*Your objective:* Copy every line of the records below that holds the word "escapes".

*Exercise data:*
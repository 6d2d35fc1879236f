//! The requests, by the word that begins them and the bytes of a line. White space is allowed wherever JSON allows it.

ghost use Rattle.std.specs.Prelude.{◌≡◌, ◌∷◌, [], IfOk, IfErr, IfSome};
ghost use Rattle.json.specs.Lex.{token, comma};
ghost use Rattle.json.specs.Token.{begin_array, end_array};
ghost use Rattle.fr_requests.specs.declared.requests.LineFault.TheVariants.{Memory};
ghost use Rattle.fr_requests.specs.declared.words.Word.TheVariants.{Network, Batch, Destination, Walk, Ask};
ghost use Rattle.fr_requests.specs.LineLexemes.{Begins, IsReadAs, letters, letters_of_edit, number_lexeme, plain_brief};
ghost use Rattle.fr_requests.specs.Requests.{plain};

use crate::fronts::{ends_line, is_only_space, number_before, skip_mark};
use crate::lists::{edit_after, items_to_end};
use crate::requests::{LineFault, Question, Request};
use crate::words::{EditWord, Word};
use fr_graph::Edit;
use std::alloc::Global;

/// A request without a list. It is small, so that moving it costs little.
#[derive(Clone, Copy)]
pub(crate) enum ShortRequest {
    Edit(Edit),
    Destination(u32),
    Walk(u32),
    Ask(Question),
}

/// The request without a list of a line that begins with this word. Returns `None` for a line with a list, signs,
/// fractions, exponents or escapes, although it may be a request.
#[inline(always)]
pub(crate) fn short_request_after(word: Word, rest: &[u8]) -> Option<ShortRequest>
    ensures { IfSome result (λ brief. IsReadAs (letters word) rest.now (plain_brief brief)) }
{
    match word {
        Word::Edit(word) => edit_request(word, rest),
        Word::Destination => destination_request(rest),
        Word::Walk => walk_request(rest),
        Word::Ask(question) => short_question(question, rest),
        Word::Network | Word::Batch => None,
    }
}

/// The request with a list of a line that begins with this word. Returns `None` for a line without a list, or with
/// signs, fractions, exponents, escapes or an empty list, although it may be a request.
pub(crate) fn list_request_after(
    alloc: Global,
    word: Word,
    rest: &[u8],
) -> Result<Option<Request>, LineFault>
    ensures ok { IfOk result (λ found. IfSome found (λ request. IsReadAs (letters word) rest.now (plain request))) }
    ensures refused { IfErr result (λ fault. fault ≡ Memory) }
{
    match word {
        Word::Network => network_request(alloc, rest),
        Word::Batch => batch_request(alloc, rest),
        Word::Edit(_) | Word::Destination | Word::Walk | Word::Ask(_) => Ok(None),
    }
}

/// A request without a list, as a request.
#[inline(always)]
pub(crate) fn request_of(brief: ShortRequest) -> Request
    ensures { plain result ≡ plain_brief brief }
{
    match brief {
        ShortRequest::Edit(Edit::Cut { u, v }) => Request::Cut { u, v },
        ShortRequest::Edit(Edit::Add { u, v }) => Request::Add { u, v },
        ShortRequest::Edit(Edit::Join { u, v }) => Request::Join { u, v },
        ShortRequest::Destination(dest) => Request::Destination { dest },
        ShortRequest::Walk(x) => Request::Walk { x },
        ShortRequest::Ask(question) => Request::Ask(question),
    }
}

/// An edit: `["cut",u,v]`, `["add",u,v]` or `["join",u,v]`.
#[inline(always)]
fn edit_request(word: EditWord, rest: &[u8]) -> Option<ShortRequest>
    ensures { IfSome result (λ brief. IsReadAs (letters_of_edit word) rest.now (plain_brief brief)) }
{
    let (edit, behind) = edit_after(word, rest)?;
    is_only_space(behind).then_some(ShortRequest::Edit(edit))
}

/// Another destination: `["dest",d]`.
#[inline(always)]
fn destination_request(rest: &[u8]) -> Option<ShortRequest>
    ensures { IfSome result (λ brief. IsReadAs (letters Destination) rest.now (plain_brief brief)) }
{
    let dest = last_number(rest)?;
    Some(ShortRequest::Destination(dest))
}

/// A walk: `["walk",x]`.
#[inline(always)]
fn walk_request(rest: &[u8]) -> Option<ShortRequest>
    ensures { IfSome result (λ brief. IsReadAs (letters Walk) rest.now (plain_brief brief)) }
{
    let x = last_number(rest)?;
    Some(ShortRequest::Walk(x))
}

/// The number after a comma, if only the bracket of the line follows it.
#[inline(always)]
fn last_number(rest: &[u8]) -> Option<u32>
    ensures { IfSome result (λ n. Begins rest.now (comma ∷ number_lexeme n ∷ token end_array ∷ []) []) }
{
    let (n, behind) = number_before(b']', skip_mark(b',', rest)?)?;
    is_only_space(behind).then_some(n)
}

/// A question about all nodes: `["links"]`, `["counts"]`, `["hops"]` or `["ways"]`.
#[inline(always)]
fn short_question(question: Question, rest: &[u8]) -> Option<ShortRequest>
    ensures { IfSome result (λ brief. IsReadAs (letters (Ask question)) rest.now (plain_brief brief)) }
{
    ends_line(b']', rest).then_some(ShortRequest::Ask(question))
}

/// A network with at least one link: `["net",n,d,[[u,v],..]]`.
#[inline(never)]
fn network_request(alloc: Global, rest: &[u8]) -> Result<Option<Request>, LineFault>
    ensures ok { IfOk result (λ found. IfSome found (λ request. IsReadAs (letters Network) rest.now (plain request))) }
    ensures refused { IfErr result (λ fault. fault ≡ Memory) }
{
    let Some((nodes, dest, items)) = network_head(rest) else {
        return Ok(None);
    };
    match items_to_end(alloc, items)? {
        Some(links) => Ok(Some(Request::Network { nodes, dest, links })),
        None => Ok(None),
    }
}

/// The number of nodes and the destination of a network, and the text after the bracket that opens its links.
fn network_head(rest: &[u8]) -> Option<(u32, u32, &[u8])>
    ensures { IfSome result
        (λ head. Begins rest.now (comma ∷ number_lexeme head.0 ∷ comma ∷ number_lexeme head.1 ∷ comma
        ∷ token begin_array ∷ []) head.2.now) }
{
    let (nodes, rest) = number_before(b',', skip_mark(b',', rest)?)?;
    let (dest, rest) = number_before(b',', rest)?;
    Some((nodes, dest, skip_mark(b'[', rest)?))
}

/// A batch with at least one edit: `["batch",[["cut",u,v],..]]`.
#[inline(never)]
fn batch_request(alloc: Global, rest: &[u8]) -> Result<Option<Request>, LineFault>
    ensures ok { IfOk result (λ found. IfSome found (λ request. IsReadAs (letters Batch) rest.now (plain request))) }
    ensures refused { IfErr result (λ fault. fault ≡ Memory) }
{
    let Some(items) = batch_head(rest) else {
        return Ok(None);
    };
    match items_to_end(alloc, items)? {
        Some(edits) => Ok(Some(Request::Batch { edits })),
        None => Ok(None),
    }
}

/// The text after the bracket that opens the edits of a batch.
fn batch_head(rest: &[u8]) -> Option<&[u8]>
    ensures { IfSome result (λ items. Begins rest.now (comma ∷ token begin_array ∷ []) items.now) }
{
    skip_mark(b'[', skip_mark(b',', rest)?)
}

*Answer box:*
/// fractions, exponents or escapes, although it may be a request.
/// signs, fractions, exponents, escapes or an empty list, although it may be a request.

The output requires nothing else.